In an effort to save on installation costs and increase flexibility, the traffic light system makes use of wireless radio signals rather than dedicated physical networking links for its communication infrastructure - this hole was exploited by the researchers. Surprisingly, more than 40 states currently use such systems to keep traffic flowing as efficiently as possible.
"The safety critical nature of traffic infrastructure requires that it be secure against computer-based attacks, but this is not always the case," the team said. "We investigate a networked traffic signal system currently deployed in the United States and discover a number of security flaws that exist due to systemic failures by the designers. We leveraged these flaws to create attacks which gain control of the system, and we successfully demonstrate them on the deployment."
WIRELESS SECURITY IN QUESTIONS
The Traffic light systems use a combination of 5.8GHz and 900MHz radio signals, depending on the conditions at each intersection, for wireless communication in point-to-point or point-to-multipoint configurations. The 900MHz links use "a proprietary protocol with frequency hopping spread-spectrum (FHSS)," but the 5.8GHz version of the proprietary protocol isn't terribly different from 802.11n.
The researchers says that anyone with a laptop and a wireless card operating on the same frequency as the wirelessly networked traffic light — in this case, 5.8 gigahertz — could access the entire unencrypted network.
DEBUG PORT
Now, after gaining access, next was to communicate with one of the controllers in their target network. This was done very easily due to the fact that this system's the control boxes run VxWorks 5.5, a version which by default gets built from source with a debug port left accessible for testing.
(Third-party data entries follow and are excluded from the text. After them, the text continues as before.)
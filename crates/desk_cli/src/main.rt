//! The program `pbs-desk FOLDER WORDS`: the files of a folder, standard input and standard output.
#![tactic(auto)]

mod award;
mod calendars_command;
mod calendars_main;
mod calendars_words;
mod collect_command;
mod collect_words;
mod diff_command;
mod diff_main;
mod diff_words;
mod explain_command;
mod help;
mod history_command;
mod history_main;
mod history_notes;
mod history_words;
mod import_before;
mod import_command;
mod import_main;
mod import_words;
mod lint_command;
mod names_file;
mod packet_command;
mod page_command;
mod page_words;
mod report_command;
mod runner;
mod since_command;
mod spots;
mod status;
mod stops;
mod words;
mod writing;

use crate::calendars_main::calendars_in_folders;
use crate::collect_command::run_collect;
use crate::collect_words::CollectWords;
use crate::diff_main::{diff_with, page_since};
use crate::history_main::history_into;
use crate::import_main::import_from;
use crate::runner::{run, run_explain};
use crate::status::DeskStatus;
use crate::words::{DeskCommand, Request, request_of};
use shelf::{FolderShelf, OutSink, Sink};
use std::alloc::AllocError;
use std::fs::Files;
use std::io::{Input, Read};
use std::process::ExitCode;
use std::rt::Env;
use std::{env, io};

/// The words behind the program's own name, or none where one of them is not UTF-8.
fn command_line(rt: &(impl Env + AllocGlobal)) -> Result<Vec<String>, AllocError> {
    let mut words = Vec::new(rt.alloc());
    match env::args(rt) {
        Ok(all) => {
            for word in all.skip(1) {
                words.push(word)?;
            }
        }
        Err(error) => {
            if error.kind() == io::ErrorKind::OutOfMemory {
                return Err(AllocError);
            }
        }
    }
    Ok(words)
}

/// What the program is asked to do.
fn asked_for(rt: &(impl Env + AllocGlobal)) -> Result<Request, AllocError> {
    let words = command_line(rt)?;
    request_of(rt.alloc(), &words)
}

/// All of standard input; what was read of it where it breaks off.
fn standard_input(rt: &(impl Input + AllocGlobal)) -> Vec<u8> {
    let mut bytes = Vec::new(rt.alloc());
    match rt.reader().read_to_end(&mut bytes) {
        Ok(_) => bytes,
        Err(_) => bytes,
    }
}

/// What the program was built from, where its script says so.
fn built_from(rt: &(impl Env + AllocGlobal)) -> String {
    match env::var(rt, "PBS_BUILT_FROM") {
        Ok(built) => built,
        Err(_) => String::new(rt.alloc()),
    }
}

/// Makes the text of bids of what lies in other folders.
fn collected<'a, R: Files + AllocGlobal>(
    rt: &'a R,
    shelf: &mut FolderShelf<'a, R>,
    out: &mut impl Sink,
    words: CollectWords,
) -> DeskStatus {
    let CollectWords {
        sheets,
        standing,
        is_forced,
    } = words;
    let mut sheets = FolderShelf::new(rt, sheets);
    match standing {
        Some(folder) => {
            let mut old = FolderShelf::new(rt, folder);
            run_collect(
                rt.alloc(),
                shelf,
                &mut sheets,
                Some(&mut old),
                out,
                is_forced,
            )
        }
        None => run_collect(rt.alloc(), shelf, &mut sheets, None, out, is_forced),
    }
}

/// Does what a command asks of a folder.
fn run_over<R: Files + Input + Env + AllocGlobal>(
    rt: &R,
    folder: String,
    command: DeskCommand,
    out: &mut impl Sink,
) -> DeskStatus {
    let mut shelf = FolderShelf::new(rt, folder);
    match command {
        DeskCommand::ExplainInput => run_explain(rt.alloc(), &mut shelf, out, &standard_input(rt)),
        DeskCommand::Diff(other) => diff_with(rt, &mut shelf, other.as_str(), out),
        DeskCommand::PageSince(other) => {
            let built = built_from(rt);
            page_since(rt, &mut shelf, other.as_str(), out, built.as_bytes())
        }
        DeskCommand::Collect(words) => collected(rt, &mut shelf, out, words),
        DeskCommand::History(words) => history_into(rt, &mut shelf, words, out),
        DeskCommand::Import(words) => import_from(rt, &mut shelf, &words, out),
        command => run(
            rt.alloc(),
            &mut shelf,
            out,
            &command,
            built_from(rt).as_bytes(),
        ),
    }
}

fn main(rt: HostRuntime) -> ExitCode {
    let mut out = OutSink::new(io::writer(&rt));
    let Ok(request) = asked_for(&rt) else {
        return ExitCode::from(DeskStatus::NoMemory.code());
    };
    let Request { folder, command } = request;
    let status = match command {
        DeskCommand::Calendars(old) => {
            calendars_in_folders(&rt, folder.as_str(), old.as_ref(), &mut out)
        }
        command => run_over(&rt, folder, command, &mut out),
    };
    ExitCode::from(status.code())
}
"By sniffing packets sent between the controller and this program, we discovered that communication to the controller is not encrypted, requires no authentication, and is replayable. Using this information, we were then able to reverse engineer parts of the communication structure," the paper reads.
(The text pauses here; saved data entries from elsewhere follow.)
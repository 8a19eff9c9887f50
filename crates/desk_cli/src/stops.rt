//! Why a page is not made, as a sentence.
ghost use Rattle.std.specs.Prelude.{◌≡◌};

use crate::status::DeskStatus;
use duty_calendar::Memory;
use file_places::Prose;
use folder_answers::{input_answer, tell_answer, unread_answer};
use month_files::{BadInput, WriteStop};
use month_page::PageStop;
use printed_lines::{Answer, TextFault, TextFile, Trouble};
use roster_text::{ReasonTextFault, RosterTextFault};
use shelf::Shelf;
use std::alloc::Global;

/// What a fault of the roster says.
fn roster_answer<'a>(fault: &RosterTextFault) -> Answer<'a> {
    Answer::Text(TextFault {
        file: TextFile::Roster,
        line: u64::from(fault.row),
        code: u64::from(fault.code.code()),
    })
}

/// What a fault of the reasons says.
fn reasons_answer<'a>(fault: &ReasonTextFault) -> Answer<'a> {
    Answer::Text(TextFault {
        file: TextFile::Reasons,
        line: u64::from(fault.line),
        code: u64::from(fault.code.code()),
    })
}

/// What stands against a page, as a line that `pbs` prints; nothing where it is want of memory.
fn stop_answer(stop: &PageStop) -> Option<Answer<'_>> {
    match stop {
        PageStop::Unread(why) => unread_answer(*why),
        PageStop::BadInput(BadInput::Fault(fault)) => input_answer(fault),
        PageStop::Roster(fault) => Some(roster_answer(fault)),
        PageStop::Reasons(fault) => Some(reasons_answer(fault)),
        PageStop::Unwritten(WriteStop::Fault) => {
            Some(Answer::File(Trouble::WriteFault, b"month.html"))
        }
        PageStop::Unwritten(WriteStop::NoMemory)
        | PageStop::BadInput(BadInput::NoMemory)
        | PageStop::NoMemory => None,
    }
}

/// How a run ends that this stands against.
fn status_of(stop: &PageStop) -> DeskStatus {
    match stop {
        PageStop::Unwritten(_) => DeskStatus::WriteFault,
        _ => DeskStatus::Faulty,
    }
}

/// Appends what stands against a page, with the place in the file. No file is written.
pub fn say_stop<S: Shelf>(
    alloc: Global,
    shelf: &mut S,
    prose: &mut Prose,
    stop: &PageStop,
) -> Result<DeskStatus, Memory>
    ensures kept { S.holds shelf.new ≡ S.holds shelf.old }
{
    let Some(answer) = stop_answer(stop) else {
        return Err(Memory::NoMemory);
    };
    tell_answer(alloc, shelf, prose, &answer)?;
    Ok(status_of(stop))
}
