//! The command `packet`.
ghost use Rattle.std.specs.Prelude.{codes};
ghost use Rattle.shelf.specs.Files.{SameButAt};

use crate::status::DeskStatus;
use crate::stops::say_stop;
use crate::writing::put_file;
use duty_calendar::Memory;
use file_places::Prose;
use month_packet::packet;
use shelf::Shelf;
use std::alloc::Global;

/// Writes the page of what can be bid for.
#[tactic(auto, using(crate::proofs::Kept::same_kept))]
pub fn run_packet<S: Shelf>(
    alloc: Global,
    shelf: &mut S,
    prose: &mut Prose,
    built: &[u8],
) -> Result<DeskStatus, Memory>
    ensures others { SameButAt (codes "packet.html") (S.holds shelf.old) (S.holds shelf.new) }
{
    match packet(alloc, shelf, built) {
        Ok(page) => put_file(alloc, shelf, prose, "packet.html", page.as_slice()),
        Err(stop) => say_stop(alloc, shelf, prose, &stop),
    }
}
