//! `calendars`: a calendar for each pilot.
ghost use Rattle.std.specs.Prelude.{◌≡◌};

use crate::award::{Award, tell_award};
use crate::names_file::tell_names;
use crate::runner::say;
use crate::status::DeskStatus;
use duty_calendar::{List, Memory};
use file_places::Prose;
use phone_calendars::{Written, folder_text, roster_text, write_calendar};
use shelf::{Shelf, ShelfFault, Sink};
use staff_names::StaffNames;
use std::alloc::Global;

/// How many calendars were written, how many stood there as they are, and how many events are cancelled.
#[derive(Clone, Copy)]
struct Tally {
    written: u64,
    standing: u64,
    cancelled: u64,
}

impl Tally {
    /// One calendar more.
    fn with(self, written: Written) -> Tally {
        let cancelled = self.cancelled.saturating_add(u64::from(written.cancelled));
        if written.is_new {
            return Tally {
                written: self.written.saturating_add(1),
                cancelled,
                ..self
            };
        }
        Tally {
            standing: self.standing.saturating_add(1),
            cancelled,
            ..self
        }
    }

    /// Appends the counts.
    fn put(self, prose: &mut Prose) -> Result<(), Memory> {
        prose.number(self.written)?;
        prose.say(b" of ")?;
        prose.number(self.written.saturating_add(self.standing))?;
        prose.say(b" calendars written; cancelled events: ")?;
        prose.number(self.cancelled)?;
        prose.say(b"\n")
    }
}

/// Appends why the calendar of a pilot was not read or written.
fn say_fault(prose: &mut Prose, name: &[u8], fault: ShelfFault) -> Result<DeskStatus, Memory> {
    if fault == ShelfFault::NoMemory {
        return Err(Memory::NoMemory);
    }
    prose.text(name)?;
    if fault == ShelfFault::WriteFailed {
        prose.say(
            b".ics was not written: no permission, no room, or no folder calendars (mkdir calendars)\n",
        )?;
        return Ok(DeskStatus::WriteFault);
    }
    prose.say(b".ics is there and was not read\n")?;
    Ok(DeskStatus::Faulty)
}

/// The earlier calendars, in the order of the members.
#[derive(Drop)]
enum Earlier {
    Texts(Vec<List<u8>>),
    /// It was said why there are none.
    Refused(DeskStatus),
}

/// The calendar of before of the pilot of a name: as it lies in a folder, or as a roster gives it.
fn text_of_before<S: Shelf>(
    alloc: Global,
    calendars: &mut S,
    folder: &mut S,
    award: Option<&Award>,
    name: &[u8],
) -> Result<List<u8>, ShelfFault>
    ensures kept { S.holds calendars.new ≡ S.holds calendars.old }
    ensures folder_kept { S.holds folder.new ≡ S.holds folder.old }
{
    match folder_text(alloc, calendars, folder, name) {
        Ok(Some(text)) => return Ok(text),
        Ok(None) => {}
        Err(fault) => return Err(fault),
    }
    let Some(award) = award else {
        return Ok(List::new(alloc));
    };
    match roster_text(alloc, &award.problem, &award.roster, name) {
        Ok(text) => Ok(text),
        Err(Memory::NoMemory) => Err(ShelfFault::NoMemory),
    }
}

/// The calendars of before of all pilots.
fn texts_of_before<S: Shelf>(
    alloc: Global,
    calendars: &mut S,
    folder: &mut S,
    prose: &mut Prose,
    before: Option<&Award>,
    now: &Award,
) -> Result<Earlier, Memory>
    ensures kept { S.holds calendars.new ≡ S.holds calendars.old }
    ensures folder_kept { S.holds folder.new ≡ S.holds folder.old }
{
    let mut texts = Vec::new(alloc);
    for member in now.problem.base.members.as_slice() {
        let name = member.name.bytes();
        let text = match text_of_before(alloc, calendars, folder, before, name) {
            Ok(text) => text,
            Err(fault) => return Ok(Earlier::Refused(say_fault(prose, name, fault)?)),
        };
        texts.push(text)?;
    }
    Ok(Earlier::Texts(texts))
}

/// Whether none of the texts says anything.
fn are_empty(texts: &[List<u8>]) -> bool {
    texts.iter().all(|text| text.len() == 0)
}

/// The calendars of before in a folder, or why there are none.
fn earlier_in<S: Shelf>(
    alloc: Global,
    calendars: &mut S,
    folder: &mut S,
    prose: &mut Prose,
    now: &Award,
) -> Result<Earlier, Memory>
    ensures kept { S.holds calendars.new ≡ S.holds calendars.old }
    ensures folder_kept { S.holds folder.new ≡ S.holds folder.old }
{
    let mut unsaid = Prose::new(alloc);
    let before = tell_award(alloc, folder, &mut unsaid)?;
    let found = texts_of_before(alloc, calendars, folder, prose, before.as_ref(), now)?;
    if let Earlier::Texts(texts) = &found {
        if are_empty(texts.as_slice()) {
            prose.say(
                b"the folder behind --cancelled has no calendars and no award of the month\n",
            )?;
            return Ok(Earlier::Refused(DeskStatus::Faulty));
        }
    }
    Ok(found)
}

/// The name of a member as it is shown.
fn shown<'a>(names: &'a StaffNames, member: &'a [u8]) -> &'a [u8] {
    match names.shown(member) {
        Some(name) => name.as_bytes(),
        None => member,
    }
}

/// Writes the calendars of all pilots.
fn write_all<S: Shelf>(
    alloc: Global,
    calendars: &mut S,
    prose: &mut Prose,
    award: &Award,
    names: &StaffNames,
    earlier: &[List<u8>],
) -> Result<DeskStatus, Memory> {
    let mut tally = Tally {
        written: 0,
        standing: 0,
        cancelled: 0,
    };
    let members = award.problem.base.members.as_slice();
    for (place, line) in award.roster.as_slice().iter().enumerate() {
        let Some(member) = members.get(place) else {
            return Ok(DeskStatus::Faulty);
        };
        let name = member.name.bytes();
        let before: &[u8] = match earlier.get(place) {
            Some(text) => text.as_slice(),
            None => b"",
        };
        let known = shown(names, name);
        match write_calendar(
            alloc,
            calendars,
            &award.problem,
            member,
            line,
            known,
            before,
        ) {
            Ok(written) => tally = tally.with(written),
            Err(fault) => return say_fault(prose, name, fault),
        }
    }
    tally.put(prose)?;
    Ok(DeskStatus::Done)
}

/// Writes a calendar for each pilot of the award in a folder, and appends how many. Where `is_cancelling` says so, what fell away
/// since the calendars or the award of before is cancelled.
fn say_calendars<S: Shelf, T: Shelf, U: Shelf>(
    alloc: Global,
    shelf: &mut S,
    calendars: &mut T,
    old: &mut U,
    old_calendars: &mut U,
    prose: &mut Prose,
    is_cancelling: bool,
) -> Result<DeskStatus, Memory>
    ensures kept { S.holds shelf.new ≡ S.holds shelf.old }
    ensures old_kept { U.holds old.new ≡ U.holds old.old }
{
    let Some(award) = tell_award(alloc, shelf, prose)? else {
        return Ok(DeskStatus::Faulty);
    };
    let Some(names) = tell_names(alloc, shelf, prose)? else {
        return Ok(DeskStatus::Faulty);
    };
    let earlier = if is_cancelling {
        earlier_in(alloc, old_calendars, old, prose, &award)?
    } else {
        Earlier::Texts(Vec::new(alloc))
    };
    match earlier {
        Earlier::Texts(texts) => write_all(
            alloc,
            calendars,
            prose,
            &award,
            &names,
            texts.as_slice(),
        ),
        Earlier::Refused(status) => Ok(status),
    }
}

/// Writes a calendar for each pilot of the award in a folder, and says how many. Where `is_cancelling` says so, what fell away
/// since the calendars or the award of before is cancelled. No file is written but those calendars.
pub fn run_calendars<S: Shelf, T: Shelf, U: Shelf, O: Sink>(
    alloc: Global,
    shelf: &mut S,
    calendars: &mut T,
    old: &mut U,
    old_calendars: &mut U,
    out: &mut O,
    is_cancelling: bool,
) -> DeskStatus
    ensures kept { S.holds shelf.new ≡ S.holds shelf.old }
    ensures old_kept { U.holds old.new ≡ U.holds old.old }
{
    let mut prose = Prose::new(alloc);
    let told = say_calendars(
        alloc,
        shelf,
        calendars,
        old,
        old_calendars,
        &mut prose,
        is_cancelling,
    );
    match told {
        Ok(status) => say(out, &prose, status),
        Err(Memory::NoMemory) => DeskStatus::NoMemory,
    }
}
"Various command packets only differ in the last byte, allowing an attacker to easily determine remaining commands once one has been discovered. We created a program that allows a user to activate any button on the controller and then displays the results to the user. We also created a library of commands which enable scriptable attacks. We tested this code in the field and were able to access the controller remotely."
This debug port allowed researchers to successfully turned all lights red or alter the timing of neighboring intersections — for example, to make sure someone hit all green lights on a given route.
More worrying part is the ability of a cyber criminal to perform denial-of-service (DoS) attack on controlled intersections by triggering each intersection's malfunction management unit by attempting invalid configurations, which would put the lights into a failure mode.
SOLUTION TO PROBLEM
At last, the team called for manufacturers and operators to improve the security of traffic infrastructure. It recommended that the traffic-system administrators should not use default usernames and passwords, as well as they should stop broadcasting communications unencrypted for "casual observers and curious teenagers" to see.
"While traffic control systems may be built to fail into a safe state, we have shown that they are not safe from attacks by a determined adversary," the paper concluded.
Moreover, they also warned that devices like voting machines and even connected cars could suffer similar attacks.